It really depends. Looks like everyone is confusing their needs with the needs of the original poster. 

My usage is very similar to the original poster. I used to buy high end computers all the time. spend 1500k+ and only keep them for a couple of years. Then I figured out all I needed was a low end computer and if it goes bad after a couple of years and have to be replaced, I am still ahead of the game and it will last just as long. I have three 298 dollar emachines from Walmart going on three years now. Still does everything I need. One is still my main computer. Two of them is hooked up to a tv for streaming since I cut the cable. I recently purchased a Dell AIO because I needed a regular desktop with dual monitors. 

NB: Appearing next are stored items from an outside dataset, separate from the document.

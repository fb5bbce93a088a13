//! What changes the links of a table of nodes, and leaves its keys and values.
ghost use Rattle.std.specs.Prelude.{◌≡◌, ◌<◌, ◌≤◌, Some, length, nat_eq, swap_remove, if◌then◌else◌};
ghost use Rattle.indexmap.specs.IndexMap.{index_map_len, with_entries, spare, hasher_of};
ghost use Rattle.std.specs.List.{IsDistinct};
ghost use Rattle.std.specs.Map.{keys_of};
ghost use Rattle.sc_lru.specs.Linked.{after_at, before_at, with_after, with_before, after_redirected, before_redirected, end_redirected, skipped, first_skipped, last_skipped, mended, pair_at, IsChained, IsPlaced, IsSame, MovesLast, TakesOut};

use crate::node::Node;
use indexmap::IndexMap;
use std::hash::{BuildHasher, Hash};

/// The positions before and after the pair at `at`.
pub(crate) fn links<K: Eq + Hash, V, S: BuildHasher>(
    map: &IndexMap<K, Node<V>, S>,
    at: usize,
) -> (usize, usize)
    requires { at < index_map_len map.now }
    ensures before { result.0 ≡ before_at map.now.entries at }
    ensures after { result.1 ≡ after_at map.now.entries at }
{
    let node = &map[at];
    (node.before, node.after)
}

pub(crate) fn set_after<K: Eq + Hash, V, S: BuildHasher>(
    map: &mut IndexMap<K, Node<V>, S>,
    at: usize,
    to: usize,
)
    requires { at < index_map_len map.old }
    ensures { map.new ≡ with_entries map.old (with_after map.old.entries at to) }
{
    map[at].after = to;
}

pub(crate) fn set_before<K: Eq + Hash, V, S: BuildHasher>(
    map: &mut IndexMap<K, Node<V>, S>,
    at: usize,
    to: usize,
)
    requires { at < index_map_len map.old }
    ensures { map.new ≡ with_entries map.old (with_before map.old.entries at to) }
{
    map[at].before = to;
}

// The pair before `at` comes before `to` instead, or else `to` is the first. Returns the first.
pub(crate) fn redirect_after<K: Eq + Hash, V, S: BuildHasher>(
    map: &mut IndexMap<K, Node<V>, S>,
    first: usize,
    at: usize,
    before: usize,
    to: usize,
) -> usize
    requires { (at ≡ first → ⊥) → before < index_map_len map.old }
    ensures links { map.new ≡ with_entries map.old (after_redirected map.old.entries first at before to) }
    ensures first { result ≡ end_redirected first at to }
{
    if at == first {
        return to;
    }
    set_after(map, before, to);
    first
}

// The pair after `at` comes after `to` instead, or else `to` is the last. Returns the last.
pub(crate) fn redirect_before<K: Eq + Hash, V, S: BuildHasher>(
    map: &mut IndexMap<K, Node<V>, S>,
    last: usize,
    at: usize,
    after: usize,
    to: usize,
) -> usize
    requires { (at ≡ last → ⊥) → after < index_map_len map.old }
    ensures links { map.new ≡ with_entries map.old (before_redirected map.old.entries last at after to) }
    ensures last { result ≡ end_redirected last at to }
{
    if at == last {
        return to;
    }
    set_before(map, after, to);
    last
}

// Takes `at` out of the chain. Returns the first and the last.
pub(crate) fn skip<K: Eq + Hash, V, S: BuildHasher>(
    map: &mut IndexMap<K, Node<V>, S>,
    first: usize,
    last: usize,
    at: usize,
) -> (usize, usize)
    requires within { at < index_map_len map.old }
    requires before { (at ≡ first → ⊥) → before_at map.old.entries at < index_map_len map.old }
    requires after { (at ≡ last → ⊥) → after_at map.old.entries at < index_map_len map.old }
    ensures links { map.new ≡ with_entries map.old (skipped map.old.entries first last at) }
    ensures first { result.0 ≡ first_skipped map.old.entries first at }
    ensures last { result.1 ≡ last_skipped map.old.entries last at }
{
    let (before, after) = links(map, at);
    let first = redirect_after(map, first, at, before, after);
    let last = redirect_before(map, last, at, after, before);
    (first, last)
}

// Mends the links to the pair that was at `was` and is now at `to`. Returns the first and the last.
pub(crate) fn mend<K: Eq + Hash, V, S: BuildHasher>(
    map: &mut IndexMap<K, Node<V>, S>,
    first: usize,
    last: usize,
    was: usize,
    to: usize,
) -> (usize, usize)
    requires within { to < index_map_len map.old }
    requires before { (was ≡ first → ⊥) → before_at map.old.entries to < index_map_len map.old }
    requires after { (was ≡ last → ⊥) → after_at map.old.entries to < index_map_len map.old }
    ensures links { map.new ≡ with_entries map.old (mended map.old.entries first last was to) }
    ensures first { result.0 ≡ end_redirected first was to }
    ensures last { result.1 ≡ end_redirected last was to }
{
    let (before, after) = links(map, to);
    let first = redirect_after(map, first, was, before, to);
    let last = redirect_before(map, last, was, after, to);
    (first, last)
}

// Links `at`, which is in no chain, behind `last`.
pub(crate) fn link<K: Eq + Hash, V, S: BuildHasher>(
    map: &mut IndexMap<K, Node<V>, S>,
    last: usize,
    at: usize,
)
    requires last { last < index_map_len map.old }
    requires at { at < index_map_len map.old }
    ensures { map.new ≡ with_entries map.old (with_before (with_after map.old.entries last at) at last) }
{
    set_after(map, last, at);
    set_before(map, at, last);
}

// Makes `at` the last of the chain. Returns the first.
pub(crate) fn move_last<K: Eq + Hash, V, S: BuildHasher>(
    map: &mut IndexMap<K, Node<V>, S>,
    first: usize,
    last: usize,
    at: usize,
) -> usize
    requires { IsChained map.old.entries first last at }
    ensures chain { MovesLast map.old.entries first last at map.new.entries result }
    ensures same { IsSame map.old.entries map.new.entries }
    ensures spare { spare map.new ≡ spare map.old }
    ensures hasher { hasher_of map.new ≡ hasher_of map.old }
{
    if at == last {
        return first;
    }
    let (first, last) = skip(map, first, last, at);
    link(map, last, at);
    first
}

// Takes the pair at `at` out of the chain and the table. Returns the first, the last and the pair.
// Inlined, so that an eviction doesn't pass its results through memory.
#[inline(always)]
pub(crate) fn take<K: Eq + Hash, V, S: BuildHasher>(
    map: &mut IndexMap<K, Node<V>, S>,
    first: usize,
    last: usize,
    at: usize,
) -> (usize, usize, K, V)
    requires { IsPlaced map.old.entries first last at }
    ensures pair { pair_at map.old.entries at ≡ Some (result.2, result.3) }
    ensures chain { TakesOut map.old.entries first last at map.new.entries result.0 result.1 }
    ensures slots { keys_of map.new.entries ≡ swap_remove (keys_of map.old.entries) at result.2 }
    ensures distinct { IsDistinct K.eq (keys_of map.new.entries) }
    ensures spare { spare map.old ≤ spare map.new }
    ensures hasher { hasher_of map.new ≡ hasher_of map.old }
{
    let (first, last) = skip(map, first, last, at);
    let (key, node) = map.swap_remove_index(at).unwrap();
    let Node {
        before: _,
        after: _,
        value,
    } = node;
    let was = map.len();
    if at == was {
        return (first, last, key, value);
    }
    let (first, last) = mend(map, first, last, was, at);
    (first, last, key, value)
}
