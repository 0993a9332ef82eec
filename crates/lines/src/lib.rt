//! What the lines of an order sheet say.

#![tactic(auto)]

pub mod command;
pub mod opening_line;
pub mod ranking;
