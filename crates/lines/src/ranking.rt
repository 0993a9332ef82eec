//! The second line of a sheet: `rank aberration`.
ghost use Rattle.std.specs.Prelude.{◌≡◌};
ghost use Rattle.sheet.specs.Left.{read_of};
ghost use Rattle.lines.specs.Ranks.{ranks};

use sheet::fault::LineFault;
use sheet::reader::Line;
use sheet::token::Token;

/// The ranking that a line names.
#[derive(Clone, Copy, Debug, PartialEq, Eq)]
pub enum RankingName {
    Aberration,
}

/// Reads the words left in the line as `rank` and a ranking.
pub fn read_ranking(mut line: Line<'_>) -> Result<RankingName, LineFault>
    ensures { result ≡ read_of ranks line.entry }
{
    let count = line.count_fault();
    let head = line.next().ok_or(count)?;
    Token::Word(head).fixed(b"rank")?;
    let name = line.next().ok_or(count)?;
    Token::Word(name).fixed(b"aberration")?;
    match line.next() {
        None => Ok(RankingName::Aberration),
        Some(more) => Err(Token::Word(more).fault().into()),
    }
}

I am still ahead...There is absolutely nothing wrong with low end computers if it fits your needs!!


----------



## SpywareDr (Jun 15, 2013)

sobeit said:


> There is absolutely nothing wrong with low end computers if it fits your needs!!


*+1*


----------



## T_Rex (Oct 21, 2012)

Rich-M said:


> The way I see it, buying a low end computer and expecting it to last 5 years is sort of like making the same mistake over and over again expecting different results each time. I would not be recommending a $290 computer as anything but "disposable" and whatever you get out of it, most likely you get what you pay for.


 
What exactly do you define as a low end computer?


----------



## SpywareDr (Jun 15, 2013)

ChronoGeek said:


> What exactly do you define as a low end computer?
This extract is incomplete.